Why are there duplicate results?
Picking up from the last post, I'm now wondering why I'm getting multiple results in the UI when I search for phrases I know only exist on one page in the blog.
It turns out that is because there are actually four (4) different pages with that content:
- The blog page itself
- The blog landing page
- The tag page for Algolia
- The tag page for Docusaurus
When you run Build for Docusaurus, each of those pages are generated and thus, result in different search results. While technically correct I do not like this search experience. Instead, I want to see only one result, the actual blog page. Therefore, I'm thinking one of two things should happen:
- Remove the "extra" results from being returned
- Remove the "extra" records from being populated in my index to begin with
Since I can't see a reason to want those records in my index to begin with, I'd rather just have the entries for the blog pages themselves in the index. Therefore, I think what this will require is an update to the Crawler configuration file.

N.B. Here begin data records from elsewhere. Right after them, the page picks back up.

//! `preview draw`: a stream read, planned and drawn.

ghost use Rattle.std.specs.Prelude.{◌≡◌, ◌≢◌, ℕ, List, [], IfErr, IfOk, IfSome, OnOk};
ghost use Rattle.std.specs.Io.KnownBytes.{Keeps};
ghost use Rattle.console_io.specs.Messages.{Tells};
ghost use Rattle.plan_stream.specs.Faults.{plan_fault_text};
ghost use Rattle.plan_stream.specs.Gathering.{IsFoldOfStream, IsGathered};
ghost use Rattle.plan_stream.specs.declared.fault.PlanFault.{PlanFault};
ghost use Rattle.draw_run.specs.Drawings.{EndsBy, IsDrawn, WritesDrawing};
ghost use Rattle.draw_run.specs.Folds.{IsFoldOf};

use crate::choice::Choice;
use crate::drawn::kept_units;
use crate::drawn_fold::DrawnFold;
use console_io::{Console, Ended, Sink, Status, write_bytes};
use plan_stream::{PlanFault, StreamGathering, gather, print_refusal, say_plan_fault};
use std::alloc::{AllocError, Global};
use std::io::Read;
use stream_svg::{document, lay_out};

/// Draws the chosen units of the stream that the reader gives, or prints the stream's refusal.
/// Where the reader fails or memory runs out, `console.errors` is told; the reader has this name
/// there.
pub fn draw_on<R: Read, W: Sink, E: Sink>(
    alloc: Global,
    name: &str,
    choice: Choice,
    reader: &mut R,
    console: &mut Console<W, E>,
) -> Ended
    ensures done { result.status ≡ Status.Success
        → Keeps (E.contents console.old.errors) (E.contents console.new.errors) }
    // At success the text that was read is a stream, and one document is written.
    ensures drawn { result.status ≡ Status.Success → IfSome (R.remaining reader.old) (λ text.
        WritesDrawing choice.from choice.units text (W.contents console.old.output)
        (W.contents console.new.output)) }
    // At a failure it is what the fault that is told leaves of it.
    ensures ends { result.status ≡ Status.Failure → (fault : PlanFault)
        × IfSome (R.remaining reader.old) (λ text.
        EndsBy choice.from choice.units text fault (W.refuses console.new.output)
        (W.contents console.old.output) (W.contents console.new.output))
        × Tells result.told (E.refuses console.new.errors) (E.contents console.old.errors)
        (E.contents console.new.errors) (plan_fault_text name.now fault) }
    ensures usage { result.status ≢ Status.Usage }
{
    match draw(alloc, choice, reader, &mut console.output) {
        Ok(()) => Ended::done(),
        Err(fault) => Ended::failed(say_plan_fault(fault, name, &mut console.errors)),
    }
}

/// Draws the chosen units of the stream that the reader gives, or prints its refusal.
fn draw<R: Read, W: Sink>(
    alloc: Global,
    choice: Choice,
    reader: &mut R,
    writer: &mut W,
) -> Result<(), PlanFault>
    ensures drawn { OnOk result (IfSome (R.remaining reader.old) (λ text.
        WritesDrawing choice.from choice.units text (W.contents writer.old)
        (W.contents writer.new))) }
    ensures ends { IfErr result (λ fault. IfSome (R.remaining reader.old) (λ text.
        EndsBy choice.from choice.units text fault (W.refuses writer.new)
        (W.contents writer.old) (W.contents writer.new))) }
{
    let fold = DrawnFold::new(alloc, choice)?;
    let gathering = gather(alloc, fold, reader)?;
    print_gathered(alloc, gathering, writer)
}

/// Writes what the stream came to.
fn print_gathered<W: Sink>(
    alloc: Global,
    gathering: StreamGathering<DrawnFold>,
    writer: &mut W,
) -> Result<(), PlanFault>
    ensures drawn { (first : _) (text : List ℕ) → IsGathered (IsFoldOf first) text [] gathering
        → OnOk result (WritesDrawing first.choice.from first.choice.units text
        (W.contents writer.old) (W.contents writer.new)) }
    ensures ends { (first : _) (text : List ℕ) → IsGathered (IsFoldOf first) text [] gathering
        → IfErr result (λ fault. EndsBy first.choice.from first.choice.units text fault
        (W.refuses writer.new) (W.contents writer.old) (W.contents writer.new)) }
{
    match gathering.finish() {
        Ok(fold) => match document_of(alloc, &fold) {
            Ok(document) => match write_bytes(writer, document.as_slice()) {
                Ok(()) => Ok(()),
                Err(fault) => Err(PlanFault::from(fault)),
            },
            Err(_) => Err(PlanFault::Memory),
        },
        Err(refusal) => match print_refusal(alloc, refusal, writer) {
            Ok(()) => Err(PlanFault::Refused(refusal)),
            Err(fault) => Err(PlanFault::from(fault)),
        },
    }
}

/// The document of what is kept of a stream.
fn document_of(alloc: Global, fold: &DrawnFold) -> Result<Vec<u8>, AllocError>
    ensures { (first : _) (text : List ℕ) → IsFoldOfStream (IsFoldOf first) text fold.now
        → IfOk result (λ document.
        IsDrawn first.choice.from first.choice.units text document.items) }
{
    let positions = output_order::positions(alloc, &fold.outcomes)?;
    let shown = kept_units(alloc, &fold.kept, &positions, &fold.doubts)?;
    let layout = lay_out(alloc, &shown.units)?;
    document(
        alloc,
        &layout,
        &shown.units,
        &shown.captions,
        fold.outcomes.len(),
        false,
    )
}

I see right away there are two properties to look at:
- discoveryPatterns
- pathsToMatch
After looking at those for a bit, what I really wanted was a way to exclude URLs. After a search on the Crawler docs, guess what, there is (https://www.algolia.com/doc/tools/crawler/apis/configuration/exclusion-patterns/#examples), so I added these to my crawler:
exclusionPatterns: [
"https://randombeeper.github.io/JamesDevDocsSrc/blog/tags/**",
"https://randombeeper.github.io/JamesDevDocsSrc/blog/",
],
Now my search results do not contain "duplicate" pages, only results that will go right to the blog post where the match is found.